**GOAL OF THE EXERCISE:**
Below are lines of data; restate word for word those running from the line containing "length segments.now ≤" to the line containing "4608 ≤ length", inclusive, and no others.
───── DATA SECTION ─────
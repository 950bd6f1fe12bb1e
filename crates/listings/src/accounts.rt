// The lines of a closed day's accounts.
ghost use Rattle.std.specs.Prelude.{◌≡◌, ◌+◌, ◌*◌, ◌<◌, ◌≤◌, length, IsOk, IfOk};
ghost use Rattle.day.specs.Accounts.{WholeFen};
ghost use Rattle.day.specs.Day.{accounts};
ghost use Rattle.listings.specs.Pages.{Added};
ghost use Rattle.listings.specs.Parties.{account_line, account_lines, letter_of, money_of, party_count};

use super::letters;
use super::writing::{Page, write_money};
use book::Money;
use day::ClosedDay;
use market::maxima::{GRIDS, UNITS};
use market::refusals::MarketRefusal;

// Those who have an account of their own: the buyers by grid, the units, and the wires by grid.
#[derive(Clone, Copy)]
pub enum Party {
    Buyer,
    Unit,
    Wires,
}

impl Party {
    // How many there are of its kind.
    fn count(self) -> u32
        ensures { result ≡ party_count self }
    {
        match self {
            Party::Buyer | Party::Wires => GRIDS,
            Party::Unit => UNITS,
        }
    }

    // The letter of its line.
    fn letter(self) -> u8
        ensures { result ≡ letter_of self }
    {
        match self {
            Party::Buyer => letters::CHARGE,
            Party::Unit => letters::UNIT,
            Party::Wires => letters::WIRES,
        }
    }

    // What the one with a number was charged, or received.
    fn money(self, day: &ClosedDay, number: u32) -> Result<Money, MarketRefusal>
        requires { number < party_count self }
        ensures there { IsOk result }
        ensures money { IfOk result (λ m. WholeFen (money_of self (accounts day.now) number) m) }
    {
        match self {
            Party::Buyer => day.charge(number),
            Party::Unit => day.unit(number),
            Party::Wires => day.wires(number),
        }
    }
}

// The account of the one with a number.
#[inline(always)]
fn write_account(page: &mut Page<'_>, day: &ClosedDay, party: Party, number: u32)
    requires number { number < party_count party }
    requires room { page.old.end + 65 ≤ length page.old.buffer.now }
    ensures { Added page.old page.new (account_line party (accounts day.now) number) }
{
    // There is an account of this number, so the answer is no error.
    if let Ok(money) = party.money(day, number) {
        write_money(page, party.letter(), number, money);
    }
}

// The accounts of those of a kind that have money, by number. Inlined, so that each kind has a loop of its own.
#[inline(always)]
pub fn write_accounts(page: &mut Page<'_>, day: &ClosedDay, party: Party)
    requires { page.old.end + 65 * party_count party ≤ length page.old.buffer.now }
    ensures text { Added page.old page.new (account_lines party (accounts day.now)) }
    ensures few { page.new.end ≤ page.old.end + 65 * party_count party }
{
    for number in 0..party.count() {
        write_account(page, day, party, number);
    }
}
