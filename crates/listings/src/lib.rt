#![tactic(auto)]

// The listing of a cleared point and of a closed day, written into a buffer of the caller.
ghost use Rattle.std.specs.Prelude.{◌≡◌, ◌≤◌, length, IfOk};
ghost use Rattle.market.specs.Entries.{market_answer};
ghost use Rattle.market.specs.Maxima.{listing_room};
ghost use Rattle.market.specs.Rows.{topmost};
ghost use Rattle.day.specs.Day.{accounts, shown};
ghost use Rattle.listings.specs.Listings.{closing_listing, closing_rows, filled, listing_rows, point_listing};

mod accounts;
mod letters;
mod points;
mod writing;

use accounts::{Party, write_accounts};
use day::{ClosedDay, RunningDay};
use market::maxima::POINTS;
use market::refusals::MarketRefusal;
use points::{write_awards, write_segments, write_shares};
use writing::{Page, write_branch, write_point};

// The bytes that any listing fits into.
pub const LISTING_ROOM: usize = 8_192;

// Lists the cleared point from the start of the buffer on, and answers how long the listing is, never more
// than 8,192 bytes. Declined with 1 after 96 posted points, 3 where the point is not cleared, 13 under 8,192 bytes, and the buffer is
// then untouched.
pub fn list_point(day: &RunningDay, buffer: &mut [u8]) -> Result<usize, MarketRefusal>
    ensures answer { market_answer result ≡ topmost (listing_rows (shown day.now) (length buffer.old)) }
    ensures long { IfOk result (λ n. n ≡ length (point_listing (shown day.now))) }
    ensures few { IfOk result (λ n. n ≤ listing_room) }
    ensures bytes { buffer.new ≡ filled result buffer.old (point_listing (shown day.now)) }
{
    let posted = day.points_posted();
    if posted >= POINTS {
        return Err(MarketRefusal::DayFull { name: 0 });
    }
    let Some(cleared) = day.declared() else {
        return Err(MarketRefusal::NotCleared);
    };
    if buffer.len() < LISTING_ROOM {
        return Err(MarketRefusal::ShortBuffer);
    }
    let mut page = Page { buffer, end: 0 };
    write_point(&mut page, posted, day.entry_count());
    write_segments(&mut page, cleared.segments());
    write_awards(&mut page, &cleared.awards);
    write_shares(&mut page, &cleared.got);
    Ok(page.end)
}

// Lists the accounts of a closed day from the start of the buffer on, and answers how long the listing is,
// never more than 8,192 bytes. Declined with 13 under 8,192 bytes, and the buffer is then untouched.
pub fn list_closing(day: &ClosedDay, buffer: &mut [u8]) -> Result<usize, MarketRefusal>
    ensures answer { market_answer result ≡ topmost (closing_rows (length buffer.old)) }
    ensures long { IfOk result (λ n. n ≡ length (closing_listing (accounts day.now))) }
    ensures few { IfOk result (λ n. n ≤ listing_room) }
    ensures bytes { buffer.new ≡ filled result buffer.old (closing_listing (accounts day.now)) }
{
    if buffer.len() < LISTING_ROOM {
        return Err(MarketRefusal::ShortBuffer);
    }
    let mut page = Page { buffer, end: 0 };
    write_accounts(&mut page, day, Party::Buyer);
    write_accounts(&mut page, day, Party::Unit);
    write_accounts(&mut page, day, Party::Wires);
    write_branch(&mut page, day.branch());
    Ok(page.end)
}
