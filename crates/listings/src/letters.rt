// The letters of the kinds of line. Constants, since each writer has one letter of its own, and no code asks a line for its kind.
pub const POINT: u8 = b'P';

pub const SEGMENT: u8 = b'S';

pub const AWARD: u8 = b'A';

pub const SHARE: u8 = b'B';

pub const CHARGE: u8 = b'C';

pub const UNIT: u8 = b'U';

pub const WIRES: u8 = b'W';

pub const BRANCH: u8 = b'R';
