// The lines of a declaration.
ghost use Rattle.std.specs.Prelude.{◌≡◌, ◌+◌, ◌*◌, ◌≤◌, length, slice_index};
ghost use Rattle.market.specs.Maxima.{grid_count, place_count};
ghost use Rattle.listings.specs.Listings.{award_text, lines_to, share_text};
ghost use Rattle.listings.specs.Pages.{Added};
ghost use Rattle.listings.specs.Rows.{row_text};

use super::writing::{Page, write_award, write_segment, write_share};
use clearing::points::Segment;

// The segments, as they stand in their rows.
pub fn write_segments(page: &mut Page<'_>, segments: &[Segment])
    requires { page.old.end + 65 * length segments.now ≤ length page.old.buffer.now }
    ensures text { Added page.old page.new (lines_to (length segments.now) (row_text segments.now)) }
    ensures few { page.new.end ≤ page.old.end + 65 * length segments.now }
{
    for segment in segments {
        write_segment(page, segment.bid, segment.quantity, segment.price);
    }
}

// The awards by place.
pub fn write_awards(page: &mut Page<'_>, awards: &[u32; 256])
    requires { page.old.end + 4608 ≤ length page.old.buffer.now }
    ensures text { Added page.old page.new (lines_to place_count (λ p. award_text p (slice_index awards.now p))) }
    ensures few { page.new.end ≤ page.old.end + 4608 }
{
    for (place, award) in awards.iter().enumerate() {
        write_award(page, place, *award);
    }
}

// The shares by grid.
pub fn write_shares(page: &mut Page<'_>, got: &[u32; 16])
    requires { page.old.end + 704 ≤ length page.old.buffer.now }
    ensures text { Added page.old page.new (lines_to grid_count (λ g. share_text g (slice_index got.now g))) }
    ensures few { page.new.end ≤ page.old.end + 704 }
{
    for (grid, share) in got.iter().enumerate() {
        write_share(page, grid, *share);
    }
}
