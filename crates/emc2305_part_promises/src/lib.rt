// No code: what is promised of the parts with fewer fans (specs/), and why it holds (proofs/).
#![tactic(auto)]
─────
**RESULT OF THIS EXERCISE:**
    requires { page.old.end + 65 * length segments.now ≤ length page.old.buffer.now }
    ensures text { Added page.old page.new (lines_to (length segments.now) (row_text segments.now)) }
    ensures few { page.new.end ≤ page.old.end + 65 * length segments.now }
{
    for segment in segments {
        write_segment(page, segment.bid, segment.quantity, segment.price);
    }
}

// The awards by place.
pub fn write_awards(page: &mut Page<'_>, awards: &[u32; 256])
    requires { page.old.end + 4608 ≤ length page.old.buffer.now }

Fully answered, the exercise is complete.